We may, then, look on the Britons, or Welsh and Cornishmen, the Gaels of Ireland and Scotland and of the Isle of Man, and the continental Gauls, as first cousins; and many of the customs noticed by the Roman writers in Gaul are like those of ancient Ireland, and help at times to explain them.

Only we must beware of thinking that if a thing is mentioned by a Roman writer as being the custom in Gaul or Britain, it was therefore of necessity just the same in Ireland. Forgetfulness of this has made the study of Irish antiquity often confusion worse confounded, and has introduced ideas that are quite erroneous when applied to Ireland about such matters, for example, as to the early beliefs, or the position and occupations of the druids.
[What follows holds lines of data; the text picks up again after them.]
//! Calls of `compute_if_present`. By the bound on its function, the function is called at most once.

use super::{
    NumberMap, Refused, adds, assert_same, assert_same_at, map_of, metered, number_at, refuse_each,
    size_of, taken,
};
use flurry_base::hash::LowHashBuilder;
use metered_alloc::MeteredAlloc;
use std::alloc::{Allocator, Global};
use std::process::Abort;

// Computes `value` at a key. Returns whether the function was called, and the number that was returned, or `None` if the call failed.
fn compute<A: Allocator + Copy>(
    map: &mut NumberMap<LowHashBuilder, A>,
    key: u64,
    value: Option<u64>,
) -> (bool, Option<Option<u64>>) {
    let mut called = false;
    let answer = map.compute_if_present(&key, |_, _| {
        called = true;
        value
    });
    match answer {
        Ok(answer) => (called, Some(taken(answer))),
        Err(_) => (called, None),
    }
}

// Computes `value` at a key of a map while every request fails. Returns how many requests that makes, and what `compute` returns.
fn compute_without<A: Allocator + Copy>(
    metered: &MeteredAlloc<Global>,
    map: &mut NumberMap<LowHashBuilder, A>,
    key: u64,
    value: Option<u64>,
) -> (u64, (bool, Option<Option<u64>>)) {
    metered.refuse_from(0);
    let seen = compute(map, key, value);
    let asked = metered.requests();
    metered.refuse_nothing();
    (asked, seen)
}

// Computes a value at an absent key.
fn computes_nowhere<A: Allocator + Copy>(
    rt: &impl Abort,
    metered: &MeteredAlloc<Global>,
    memory: A,
) {
    let mut map = map_of(rt, memory, 2);
    let seen = compute_without(metered, &mut map, 7, Some(9));
    assert_same(rt, seen, (0, (false, Some(None))));
    assert_same(rt, map.len(), 2);
}

#[test]
fn compute_at_an_absent_key(rt: HostRuntime) {
    let memory = metered(&rt, rt.alloc());
    computes_nowhere(&rt, memory, memory);
}

// The computation of the value 9 at the key 7, whose value is 0.
struct ComputesNine;

impl Refused for ComputesNine {
    fn run_refusing<A: Allocator + Copy>(
        &self,
        rt: &impl Abort,
        metered: &MeteredAlloc<Global>,
        memory: A,
        k: u64,
    ) -> bool {
        let mut map = map_of(rt, memory, 0);
        adds(rt, &mut map, 7, 0);
        let before = metered.live_blocks();
        metered.refuse_at(k);
        let seen = compute(&mut map, 7, Some(9));
        let refused = metered.was_refused();
        metered.refuse_nothing();
        let (answer, stands) = if refused {
            (None, 0)
        } else {
            (Some(Some(9)), 9)
        };
        assert_same_at(
            rt,
            k,
            (seen, number_at(&map, 7)),
            ((true, answer), Some(stands)),
        );
        assert_same_at(rt, k, metered.live_blocks(), before);
        refused
    }
}

#[test]
fn compute_of_a_value(rt: HostRuntime) {
    refuse_each(&rt, rt.alloc(), &ComputesNine);
}

// Removes a pair by a computation.
fn computes_none<A: Allocator + Copy>(rt: &impl Abort, metered: &MeteredAlloc<Global>, memory: A) {
    let mut map = map_of(rt, memory, 2);
    let seen = compute_without(metered, &mut map, 1, None);
    assert_same(rt, seen, (0, (true, Some(None))));
    assert_same(rt, size_of(&map), (16, 1));
    assert_same(rt, number_at(&map, 1), None);
}

#[test]
fn compute_of_none(rt: HostRuntime) {
    let memory = metered(&rt, rt.alloc());
    computes_none(&rt, memory, memory);
}
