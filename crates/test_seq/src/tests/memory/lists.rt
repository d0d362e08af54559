//! Lists of pairs and of calls.

use super::{
    NumberMap, Refused, assert_same, assert_same_at, map_of, number_at, push_call, refuse_each,
    size_of,
};
use flurry_base::hash::LowHashBuilder;
use flurry_seq::SeqMap;
use flurry_seq::calls::Call;
use metered_alloc::MeteredAlloc;
use std::alloc::{Allocator, Global};
use std::collections::VecDeque;
use std::process::Abort;

fn three_pairs<A: Allocator + Copy>(rt: &impl Abort, memory: A) -> Vec<(u64, u64), A> {
    Vec::from_array(memory, [(5, 5), (6, 6), (7, 7)]).expect(rt, "memory for the list")
}

// Asserts that the map has a front of the keys from 5 on, each with itself as its value, and as many of them as it has pairs beside its
// `first` ones.
fn has_a_front<A: Allocator + Copy>(
    rt: &impl Abort,
    map: &NumberMap<LowHashBuilder, A>,
    first: usize,
) {
    let mut count = first;
    for key in 5..8u64 {
        let number = number_at(map, key);
        if count < map.len() {
            assert_same(rt, number, Some(key));
            count += 1;
        } else {
            assert_same(rt, number, None);
        }
    }
    assert_same(rt, count, map.len());
}

// Extends a map of `first` pairs while the request numbered `k` fails, and returns whether that request was made.
fn extended<A: Allocator + Copy>(
    rt: &impl Abort,
    metered: &MeteredAlloc<Global>,
    map: &mut NumberMap<LowHashBuilder, A>,
    k: u64,
    first: usize,
) -> bool {
    let list = three_pairs(rt, *map.allocator());
    metered.refuse_at(k);
    let failed = map.extend(list).is_err();
    let refused = metered.was_refused();
    metered.refuse_nothing();
    has_a_front(rt, map, first);
    assert_same_at(rt, k, failed, refused);
    refused
}

// The extension of a map of two pairs by the list of three pairs.
struct Extends;

impl Refused for Extends {
    fn run_refusing<A: Allocator + Copy>(
        &self,
        rt: &impl Abort,
        metered: &MeteredAlloc<Global>,
        memory: A,
        k: u64,
    ) -> bool {
        let mut map = map_of(rt, memory, 2);
        let refused = extended(rt, metered, &mut map, k, 2);
        let first = (number_at(&map, 0), number_at(&map, 1));
        assert_same_at(rt, k, first, (Some(0), Some(1)));
        refused
    }
}

#[test]
fn extend(rt: HostRuntime) {
    refuse_each(&rt, rt.alloc(), &Extends);
}

// The extension of a new map by the list of three pairs. Room for them is a table of 16 bins, which is requested at once.
struct ExtendsNew;

impl Refused for ExtendsNew {
    fn run_refusing<A: Allocator + Copy>(
        &self,
        rt: &impl Abort,
        metered: &MeteredAlloc<Global>,
        memory: A,
        k: u64,
    ) -> bool {
        let mut map = map_of(rt, memory, 0);
        let refused = extended(rt, metered, &mut map, k, 0);
        let bins = if k == 0 { 0 } else { 16 };
        assert_same_at(rt, k, map.capacity(), bins);
        refused
    }
}

#[test]
fn extend_of_a_new_map(rt: HostRuntime) {
    refuse_each(&rt, rt.alloc(), &ExtendsNew);
}

// The making of a map from the list of three pairs.
struct MakesOfList;

impl Refused for MakesOfList {
    fn run_refusing<A: Allocator + Copy>(
        &self,
        rt: &impl Abort,
        metered: &MeteredAlloc<Global>,
        memory: A,
        k: u64,
    ) -> bool {
        let list = three_pairs(rt, memory);
        metered.refuse_at(k);
        let answer = SeqMap::from_list(memory, list, LowHashBuilder);
        let refused = metered.was_refused();
        metered.refuse_nothing();
        assert_same_at(rt, k, answer.is_err(), refused);
        match answer {
            Ok(map) => {
                has_a_front(rt, &map, 0);
                assert_same(rt, size_of(&map), (8, 3));
            }
            Err(_) => assert_same_at(rt, k, metered.live_blocks(), 0),
        }
        refused
    }
}

#[test]
fn from_list(rt: HostRuntime) {
    refuse_each(&rt, rt.alloc(), &MakesOfList);
}

// The function that the calls pass to `compute_if_present`.
fn unchanged(_key: &u64, value: &u64) -> Option<u64> {
    Some(*value)
}

// The function that the calls pass to `retain`.
fn is_own_value(key: &u64, value: &u64) -> bool {
    *key == *value
}

// The run of calls as values on a new map.
struct Runs;

impl Refused for Runs {
    fn run_refusing<A: Allocator + Copy>(
        &self,
        rt: &impl Abort,
        metered: &MeteredAlloc<Global>,
        memory: A,
        k: u64,
    ) -> bool {
        let mut map = map_of(rt, memory, 0);
        let mut calls = VecDeque::new(memory);
        push_call(rt, &mut calls, Call::Insert(5, 5));
        push_call(rt, &mut calls, Call::Insert(6, 6));
        push_call(rt, &mut calls, Call::ComputeIfPresent(6, unchanged));
        push_call(rt, &mut calls, Call::Retain(is_own_value));
        push_call(rt, &mut calls, Call::Insert(7, 7));
        push_call(rt, &mut calls, Call::Pairs);
        push_call(rt, &mut calls, Call::Keys);
        push_call(rt, &mut calls, Call::Values);
        push_call(rt, &mut calls, Call::TryClone);
        metered.refuse_at(k);
        let failed = map.run(memory, calls).is_err();
        let refused = metered.was_refused();
        metered.refuse_nothing();
        has_a_front(rt, &map, 0);
        assert_same_at(rt, k, failed, refused);
        assert_same_at(rt, k, refused || map.len() == 3, true);
        refused
    }
}

#[test]
fn calls_in_their_order(rt: HostRuntime) {
    refuse_each(&rt, rt.alloc(), &Runs);
}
The Gaels of Ireland probably retained some older customs and older forms of belief which had become changed in Gaul before or during the Roman occupation; both in their customs and ideas there seem to have been differences. More over, the Romans, who conquered Gaul and Britain, never conquered or effected settlements in Ireland; hence they did not impose on Ireland their system ot life and ways of thought, as they did elsewhere.

We have, therefore, in Ireland an absolutely virgin soil so far as beliefs and customs are concerned, and it is well to study it without any preconceived ideas derived from what we know of other nations. It is the differences in a race and not the likenesses that are of the greatest interest to us, those things wherein the Gael thought his own thoughts, and constructed his own world, those things in which he differed from the rest of humanity.

It is because his ideas come down to us less overlaid than those of other lands by the ideas of other nations that they are especially interesting and instructive to study.